Andreas Groschang von laut.fm/12xu

Von Andreas Groschang

DJ bei laut.fm
6. August 2019

Die besten Punk-Sender

  • Irgendwas mit komischen Frisuren und Sex
  • Von Punk zu Hardcore, Alternative Rock und Dream Pop
  • Die Class of 1977 als Anfang von etwas Neuem 

Ach ja, Punkrock. Die ewig missverstandene, kreative Explosion mit der traditionell bis zur Unkenntlichkeit verkürzten Darstellung in den Medien. Schaut man sich heutzutage eine Doku im TV an oder schlägt man in einer Enzyklopädie (nicht Wiki) den Begriff Punkrock nach, erfährt man von einem kurzlebigen Musikphänomen in Großbritannien.

Von Jugendlichen, die unkonventionelle Klamotten und Frisuren trugen, die irgendwie ein total nihilistisches Weltbild vertraten und überhaupt alles scheiße fanden. Angeführt von einer Band die sich irgendwas mit Sex nannte ... zwei Jahre später war der Spuk auch schon wieder vorbei.

Ursprünge bei Velvet Underground, Stooges und MC5

Die wahre Geschichte des Punk ist natürlich nicht so einfach. Es ist schon schwierig zu bestimmen, wann und wo Punk eigentlich anfing. Wie jede Art von Rockmusik hat Punk seine indirekten Wurzeln im Blues und später im Rock'n'Roll-Craze der 50er Jahre. Relativ große Einigkeit herrscht auch darüber, dass die zahllosen obskuren, meist auf kleinen lokalen Labels veröffentlichten Garagenrock-Singles der 60er für die Entstehung prägend waren.

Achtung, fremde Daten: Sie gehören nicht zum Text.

//! Words of two planes of bits: of ones, which cells are 1, and of zeros, which are 0. Read over two words, each plane is
//! a word of 64; a word of memory has half of each, so that one load and one rotation give both bits of a cell.
ghost use Rattle.std.specs.Prelude.{◌≡◌, ◌≢◌, ℕ, ◌+◌, ◌*◌, ◌/◌, ◌%◌, ◌^◌, ◌<◌, length};
ghost use Rattle.std.specs.Int.{bit_at};
ghost use Rattle.aig_parts.specs.Literal.{variable};
ghost use Rattle.aig_values.specs.state.Words.{ones, zeros, bit_in, value_in, one_of, zero_of, one_bit, zero_bit};

use crate::code::Code;
use aig_parts::Lit;

/// How many cells a word has.
pub const CELLS: usize = 32;

/// The bit of zeros of a cell whose bit of ones is lowest.
pub const ZERO: u64 = 4_294_967_296;

/// Both bits of a code: that of ones lowest, that of zeros 32 bits above.
const SPREAD: [u64; 4] = [ZERO, 0, 0, 1];

/// The bits of the cells from a variable on, as far as they are in one word: those of ones from the lowest bit on, those
/// of zeros 32 bits above.
pub fn bits_from(words: &[u64], variable: usize) -> u64
    requires { variable < 32 * length words.now }
    ensures one { (k : ℕ) → variable % 32 + k < 32 → bit_at result k ≡ bit_in (ones words.now) (variable + k) }
    ensures zero { (k : ℕ) → variable % 32 + k < 32
        → bit_at result (32 + k) ≡ bit_in (zeros words.now) (variable + k) }
{
    words[variable / CELLS].rotate_right((variable % 64) as u32)
}

/// The bits of the cells of a word from a place on, as `bits_from` gives them.
pub fn word_bits(words: &[u64], index: usize, place: usize) -> u64
    requires index { index < length words.now }
    requires place { place < 32 }
    ensures one { (k : ℕ) → place + k < 32 → bit_at result k ≡ bit_in (ones words.now) (32 * index + place + k) }
    ensures zero { (k : ℕ) → place + k < 32
        → bit_at result (32 + k) ≡ bit_in (zeros words.now) (32 * index + place + k) }
{
    words[index].rotate_right((CELLS * (index % 2) + place) as u32)
}

/// Both bits of a literal's value: that of ones lowest, that of zeros 32 bits above. Other bits are of other cells.
pub fn literal_bits(words: &[u64], literal: Lit) -> u64
    requires { variable literal < 32 * length words.now }
    ensures one { bit_at result 0 ≡ one_bit words.now literal }
    ensures zero { bit_at result 32 ≡ zero_bit words.now literal }
{
    let value = literal.value();
    words[value as usize / 64].rotate_right((value / 2).wrapping_add(value.wrapping_mul(32)))
}

/// The code of the cell whose bits these are.
pub fn code_of(bits: u64) -> Code
    requires { bit_at bits 0 + bit_at bits 32 < 2 }
    ensures { result ≡ value_in bits 0 }
{
    Code::of_bits((1 + 2 * (bits % 2) - bits / ZERO % 2) as u8)
}

/// Both bits of a code.
pub fn spread(code: Code) -> u64
    ensures { result ≡ zero_of code * 2 ^ 32 + one_of code }
{
    SPREAD[code.bits() as usize]
}

/// Four bits of ones, and above them four of zeros.
pub fn group_of(bits: u64) -> usize
    ensures small { result < 256 }
    ensures one { (k : ℕ) → k < 4 → bit_at result k ≡ bit_at bits k }
    ensures zero { (k : ℕ) → k < 4 → bit_at result (4 + k) ≡ bit_at bits (32 + k) }
{
    (bits % 16 + 16 * (bits / ZERO % 16)) as usize
}

/// The bits of a cell that change, where its bit of ones becomes that of one word and its bit of zeros that of another.
pub fn change(before: u64, for_one: u64, for_zero: u64) -> u64
    ensures one { bit_at result 0 ≡ (bit_at for_one 0 + bit_at before 0) % 2 }
    ensures zero { bit_at result 32 ≡ (bit_at for_zero 32 + bit_at before 32) % 2 }
    ensures alone { (i : ℕ) → i ≢ 0 → i ≢ 32 → bit_at result i ≡ 0 }
{
    (for_zero ^ before) / ZERO % 2 * ZERO + (for_one ^ before) % 2
}

/// Changes bits of a cell.
pub fn flip(words: &mut [u64], variable: usize, change: u64)
    requires within { variable < 32 * length words.old }
    requires alone { (i : ℕ) → i ≢ 0 → i ≢ 32 → bit_at change i ≡ 0 }
    ensures one { bit_in (ones words.new) variable ≡ (bit_in (ones words.old) variable + bit_at change 0) % 2 }
    ensures zero { bit_in (zeros words.new) variable ≡ (bit_in (zeros words.old) variable + bit_at change 32) % 2 }
    ensures other_ones { (v : ℕ) → v < 32 * length words.old → v ≢ variable
        → bit_in (ones words.new) v ≡ bit_in (ones words.old) v }
    ensures other_zeros { (v : ℕ) → v < 32 * length words.old → v ≢ variable
        → bit_in (zeros words.new) v ≡ bit_in (zeros words.old) v }
{
    words[variable / CELLS] ^= change.rotate_left((variable % 64) as u32);
}
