//! The header of a circuit's dump.
ghost use Rattle.std.specs.Prelude.{◌≡◌, IfOk};
ghost use Rattle.aig_sim.specs.DumpHeader.{header};

use aig_base::{Circuit, Memory};
use aig_names::{SignalCounts, dump_header};
use std::alloc::Global;

/// All that stands before the first frame of a dump.
pub fn circuit_header(alloc: Global, circuit: &Circuit) -> Result<Vec<u8>, Memory>
    ensures { IfOk result (λ text. text.items ≡ header circuit.now) }
{
    circuit.facts();
    let counts = SignalCounts {
        inputs: circuit.inputs().len() as u32,
        latches: circuit.latches().len() as u32,
        outputs: circuit.outputs().len() as u32,
        bad: circuit.bad().len() as u32,
        constraints: circuit.constraints().len() as u32,
    };
    dump_header(alloc, circuit.symbols(), &counts)
}
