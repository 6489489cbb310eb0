//! Rows of cells, however they are kept.
ghost use Rattle.std.specs.Prelude.{◌≡◌, ◌≢◌, ℕ, ◌+◌, ◌<◌, ◌≤◌, ◌↔◌, List, Some, length, map, fold, All, IfOk, OnOk};
ghost use Rattle.std.specs.Prelude.{slice_get, slice_set, slice_index_or, IsTrue};
ghost use Rattle.aig_parts.specs.Formed.{limit};
ghost use Rattle.aig_parts.specs.declared.ternary.Tern.{Tern};
ghost use Rattle.aig_parts.specs.declared.ternary.Tern.TheVariants.{X};
ghost use Rattle.aig_parts.specs.Literal.{variable};
ghost use Rattle.aig_values.specs.Cells.{fresh_row, gate_value, literal_value, with_gate_value, HasVariablesBelow};
ghost use Rattle.aig_values.specs.TraceText.{literal_character};
ghost use Rattle.aig_values.specs.state.Padded.{IsLengthened, IsRowSize};

use crate::code::Code;
use aig_parts::{Gate, Lit};
use std::alloc::{AllocError, Global};

/// A row of cells, as many as there is room for.
pub trait CellRow: Sized + Drop {
    // The values.
    ghost cells: { Self → List Tern };

    /// A row with room for this many cells at least: 0 at variable 0, x everywhere else.
    fn new(alloc: Global, size: usize) -> Result<Self, AllocError>
        requires { IsRowSize size }
        ensures { IfOk result (λ row. (room : ℕ) × (size ≤ room) × (cells row ≡ fresh_row room)) };

    /// A row as `new` makes it, in the memory of this one where it is used again.
    fn renewed(self, alloc: Global, size: usize) -> Result<Self, AllocError>
        requires { IsRowSize size }
        ensures { IfOk result (λ row. (room : ℕ) × (size ≤ room) × (cells row ≡ fresh_row room)) }
    {
        Self::new(alloc, size)
    }

    /// Adds cells, which are x, where there are not so many, at most one more than there are.
    fn make_room(&mut self, size: usize) -> Result<(), AllocError>
        requires more { size ≤ length (cells self.old) + 1 }
        requires limit { size ≤ limit + 1 }
        ensures cells { IsLengthened (Self.cells self.old) (Self.cells self.new) }
        ensures ok { OnOk result (size ≤ length (Self.cells self.new)) };

    /// The code of a variable.
    fn get(&self, variable: usize) -> Code
        requires { variable < length (cells self.now) }
        ensures { slice_get (cells self.now) variable ≡ Some result };

    /// The code of a literal.
    fn literal(&self, literal: Lit) -> Code
        requires { variable literal < length (cells self.now) }
        ensures { result ≡ literal_value (cells self.now) literal }
    {
        self.get(literal.var() as usize).with_sign(literal.is_neg())
    }

    /// Writes the code of a variable.
    fn set(&mut self, variable: usize, code: Code)
        requires { variable < length (cells self.old) }
        ensures { cells self.new ≡ slice_set (cells self.old) variable code };

    /// Writes the AND of the right sides' values to the gate's cell, and answers whether that changed.
    fn evaluate(&mut self, gate: Gate) -> bool
        requires { HasVariablesBelow (length (cells self.old)) gate }
        ensures cells { cells self.new ≡ with_gate_value (cells self.old) gate }
        ensures changed { IsTrue result
            ↔ (gate_value (cells self.old) gate ≢ slice_index_or (cells self.old) (variable gate.lhs) X) }
    {
        let code = self.literal(gate.rhs0).and(self.literal(gate.rhs1));
        let place = gate.lhs.var() as usize;
        let changed = code.differs(self.get(place));
        if changed {
            self.set(place, code);
        }
        changed
    }

    /// Writes the characters of the values of literals.
    fn spell(&self, text: &mut [u8], literals: &[Lit])
        requires cells { All (λ l. variable l < length (cells self.now)) literals.now }
        requires room { length text.old ≡ length literals.now }
        ensures { text.new ≡ map (literal_character (cells self.now)) literals.now };

    /// Evaluates gates one after the other, where there is a faster way than cell by cell and memory for it. Answers
    /// whether it did; else nothing changes. The codes are memory to work in.
    fn sweep_at_once(&mut self, _codes: &mut Vec<Code>, _gates: &[Gate]) -> bool
        requires { All (HasVariablesBelow (length (cells self.old))) _gates.now }
        ensures swept { IsTrue result → cells self.new ≡ fold with_gate_value (cells self.old) _gates.now }
        ensures same { (IsTrue result → ⊥) → cells self.new ≡ cells self.old }
    {
        false
    }
}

Außerdem sehen viele den für damalige Verhältnisse revolutionären Avantgarde-Rock von The Velvet Underground als wichtigen Einfluss. Lou Reed & Co. wie auch Garagenbands der Sorte Stooges, MC5, The Modern Lovers, Death, Rocket From The Tombs oder New York Dolls bezeichnet man später als Proto-Punk, eine wichtige Vorstufe von Punkrock.

Was darf Punk und was nicht?

Der Begriff taucht bereits 1972 in den Liner Notes zum prägenden Compilation-Album "Nuggets: Original Artyfacts From The First Psychedelic Era" auf. Die Platte enthält - wer hätte es gedacht? - wilden Garagenrock aus den 60ern. Weiter zur Verfestigung des Begriffs trägt das 1976 gegründete Fanzine Punk bei, das sich mit der damaligen New Yorker Szene auseinander setzt. Schaut man sich die frühen Bands wie Television, Ramones, Richard Hell & The Voidoids oder Blondie an, fällt vor allem auf, wie unterschiedlich und eigenwillig sie klingen - noch keine Spur von einer Punkpolizei, die bestimmen will, was Punk darf und was nicht.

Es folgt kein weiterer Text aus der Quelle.